For high performance Software Defined Radio (SDR) applications it is often desirable to have a transceiver that operates continuously from 100 MHz to 6 GHz and within Land Mobile Radio (LMR) equipment signal quality performance requirements. This level of signal quality in a transceiver is traditionally achieved using a phase-locked loop (PLL) synthesizer having a narrow bandwidth Fractional-N Phase-Locked Loop (PLL) Synthesizer as a signal source implemented with a Voltage Controlled Oscillator (VCO) using a discrete resonator. The narrow bandwidth Fractional-N PLL synthesizer can provide in excess of −80 dBc of spurious performance and the discrete resonator VCO can provide sideband noise performance of about −126 dBc/Hz at a 25 KHz offset from a 1 GHz carrier. However, the Fractional-N PLL synthesizer typically has a slow slew rate which results in a long transition time of indeterminate phase when changing from one frequency to another.

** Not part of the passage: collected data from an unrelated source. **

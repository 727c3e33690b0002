// The opening, the making and the removing of a store of one file.
ghost use Rattle.std.specs.Prelude.{◌≡◌, refl};
ghost use Rattle.file_store.specs.Scans.{NoneEnough};
ghost use Rattle.store_index.specs.States.{empty_told};

use crate::file::{remove_file, write_file};
use crate::{FileStore, Layout, OwnFront};
use file_model::{Files, Kind};
use mail_fields::Keywords;
use mail_types::{Driver, FILE_LIMIT, Keeps, Limit, RECORD_LIMIT};
use std::alloc::{AllocError, Global};
use store_index::{Found, Told, has_large, opened};
use store_trait::{Format, Info, OpenFault, StoreFault};

fn empty_told(alloc: Global, validity: u32) -> Told
    ensures { result ≡ empty_told validity }
{
    let infos: Vec<Info> = Vec::new(alloc);
    Told::of(validity, 0, Keywords::of(Vec::new(alloc)), infos)
}

impl<L: Layout> FileStore<L> {
    ghost use Rattle.std.specs.Prelude.{◌≡◌, ◌≤◌, ◌+◌, ◌⊎◌, ℕ, false, length, string_bytes, IfOk, IfErr};
    ghost use Rattle.std.specs.List.{list_any};
    ghost use Rattle.file_model.specs.Disk.{seen};
    ghost use Rattle.file_model.specs.Histories.{Now};
    ghost use Rattle.file_model.specs.Images.{node_at, nothing, is_directory};
    ghost use Rattle.file_model.specs.Paths.{is_top};
    ghost use Rattle.mail_types.specs.Drivers.{keeps_of};
    ghost use Rattle.mail_types.specs.Limits.{file_limit, record_limit, text_limit};
    ghost use Rattle.store_trait.specs.Answers.{OpenCause};
    ghost use Rattle.store_trait.specs.Promises.{IsEnough, RefusesOpen};
    ghost use Rattle.store_trait.specs.Views.{summary_of};
    ghost use Rattle.store_index.specs.Opened.{opened_summary};
    ghost use Rattle.store_trait.specs.Forms.{grammar_of};
    ghost use Rattle.file_store.specs.Forms.{forms_of};
    ghost use Rattle.file_store.specs.Scans.{HasFile, NoneEnough, IsWithin};

    // The length of the file, which is within its limit.
    fn length_of<F: Files>(files: &mut F, path: &str) -> Result<u64, OpenFault>
        requires kind { Now (F.history files.old) (λ w. (node_at (seen w.disk) path.now ≡ nothing) ⊎ (is_directory (seen w.disk) path.now ≡ false)) }
        ensures refused { IfErr result (λ fault. RefusesOpen (grammar_of (forms_of L.DRIVER L.form) L.DRIVER path.now) L.DRIVER path.now fault (F.history files.old)) }
        ensures file { IfOk result (λ long. Now (F.history files.old) (λ w. HasFile path.now long (seen w.disk))) }
        ensures short { IfOk result (λ long. long ≤ file_limit) }
        ensures history { F.history files.new ≡ F.history files.old }
        ensures cause { OpenCause (F.faults files.old) (F.faults files.new) result }
        ensures reads { (F.faults files.new).read ≡ (F.faults files.old).read }
    {
        match files.stat(path) {
            Ok(Kind::File(long)) if long > FILE_LIMIT => Err(OpenFault::TooLarge(Limit::File)),
            Ok(Kind::File(long)) => Ok(long),
            Ok(Kind::Nothing) => Err(OpenFault::Absent),
            Ok(Kind::Dir) => Err(OpenFault::IllFormed(L::DRIVER, 0)),
            Err(_) => Err(OpenFault::Failed),
        }
    }

    // What the file says, within the limits, and its places.
    fn load<F: Files>(alloc: Global, files: &mut F, path: &str) -> Result<(Found, L), OpenFault>
        requires kind { Now (F.history files.old) (λ w. (node_at (seen w.disk) path.now ≡ nothing) ⊎ (is_directory (seen w.disk) path.now ≡ false)) }
        ensures refused { IfErr result (λ fault. RefusesOpen (grammar_of (forms_of L.DRIVER L.form) L.DRIVER path.now) L.DRIVER path.now fault (F.history files.old)) }
        ensures found { IfOk result (λ p. Now (F.history files.old) (λ w. IsWithin L.form (L.holds p.1) p.0 path.now (seen w.disk))) }
        ensures few { IfOk result (λ p. length p.0.words ≤ (keeps_of L.DRIVER).words) }
        ensures many { IfOk result (λ p. length p.0.infos.items ≤ record_limit) }
        ensures history { F.history files.new ≡ F.history files.old }
        ensures cause { OpenCause (F.faults files.old) (F.faults files.new) result }
        ensures reads { (n : ℕ) → Now (F.history files.old) (λ w. IsEnough NoneEnough (grammar_of (forms_of L.DRIVER L.form) L.DRIVER path.now) L.DRIVER path.now (seen w.disk) n → (F.faults files.new).read ≤ (F.faults files.old).read + n) }
    {
        let long = FileStore::<L>::length_of(files, path)?;
        match L::scan(alloc, files, path, long) {
            Ok((found, layout)) => {
                if found.infos.len() > RECORD_LIMIT {
                    return Err(OpenFault::TooLarge(Limit::Records));
                }
                if has_large(found.infos.as_slice()) {
                    return Err(OpenFault::TooLarge(Limit::Text));
                }
                Ok((found, layout))
            }
            Err(fault) => Err(fault),
        }
    }
}

impl<F: Files, L: Layout> Format<F> for FileStore<L> {
    ghost DRIVER = { L.DRIVER };

    ghost KEEPS = { L.KEEPS };

    ghost enough = { NoneEnough };

    ghost keeps_is = { L.keeps_is };

    ghost knows_itself = { refl };

    ghost knows_only = { λ driver knows. knows };

    const DRIVER: Driver = L::DRIVER;

    const KEEPS: Keeps = L::KEEPS;

    fn open(
        alloc: Global,
        files: &mut F,
        path: &str,
        fresh: u32,
    ) -> Result<FileStore<L>, OpenFault> {
        let (found, layout) = FileStore::<L>::load(alloc, files, path)?;
        let Ok(own) = String::from_str(alloc, path) else {
            return Err(OpenFault::Memory);
        };
        match opened(alloc, found, fresh) {
            Ok(told) => Ok(FileStore {
                alloc,
                front: OwnFront::of(own, told),
                layout,
            }),
            Err(_) => Err(OpenFault::Memory),
        }
    }

    fn create(
        alloc: Global,
        files: &mut F,
        path: &str,
        fresh: u32,
    ) -> Result<FileStore<L>, StoreFault> {
        let Ok(own) = String::from_str(alloc, path) else {
            return Err(StoreFault::Memory);
        };
        let Ok((bytes, layout)) = L::blank(alloc, fresh) else {
            return Err(StoreFault::Memory);
        };
        match write_file(alloc, files, L::DRIVER, path, bytes.as_slice()) {
            Ok(()) => Ok(FileStore {
                alloc,
                front: OwnFront::of(own, empty_told(alloc, fresh)),
                layout,
            }),
            Err(fault) => Err(fault),
        }
    }

    fn remove(_alloc: Global, files: &mut F, path: &str) -> Result<(), StoreFault> {
        remove_file(files, L::DRIVER, path)
    }
}
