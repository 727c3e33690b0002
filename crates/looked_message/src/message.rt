// A message as it is looked at.
use mail_fields::Keyword;
use store_trait::Info;

/// A message of a selected mailbox, as FETCH and SEARCH look at it.
#[derive(Clone, Copy)]
pub struct Looked<'a> {
    /// Its number in the mailbox, from 1.
    pub number: u32,
    pub info: Info,
    /// Its modification number, 0 where the driver has none.
    pub modseq: u32,
    /// Whether it is recent in this session.
    pub recent: bool,
    /// The mailbox's keyword names: bit i of `info.words` stands for name i.
    pub words: &'a [Keyword],
    /// As much of its text as is looked at.
    pub text: &'a [u8],
}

It would be desirable to have a SDR receiver which is flexible with respect to the frequencies it receives and which has the ability to almost instantaneously (e.g., less than about 1 ms) change from one frequency to the next.
One problem in making such a flexible SDR receiver is that the Fractional-N PLL synthesizer has a complex frequency transition when going from an output signal having a first frequency to an output signal having a second frequency. This includes a duration of time in which the Fractional-N PLL synthesizer generates an output signal having unlocked, nondeterministic signal quality with unknown frequency. A second problem is that the VCO used in the above-described PLL synthesizer often has a limited output frequency range of less than 20% or +/−10% about the frequency of the signal output from the VCO.
Therefore it is desirable to provide a PLL synthesizer which can provide continuous LMR signal quality output to an electronic device, such as a SDR receiver, along with the flexibility to almost instantaneously (e.g., again within about 1 ms) change frequencies across a broad band of frequencies, such as from 100 MHz to 6 GHz. It is also desirable to provide such a PLL synthesizer which uses only one VCO, to lower size and cost of the PLL synthesizer, designed with a discrete resonator which overcomes having any duration of time in which an output signal is generated having unlocked, nondeterministic signal quality and an unknown frequency when the output signal is transitioning from one frequency to a second frequency.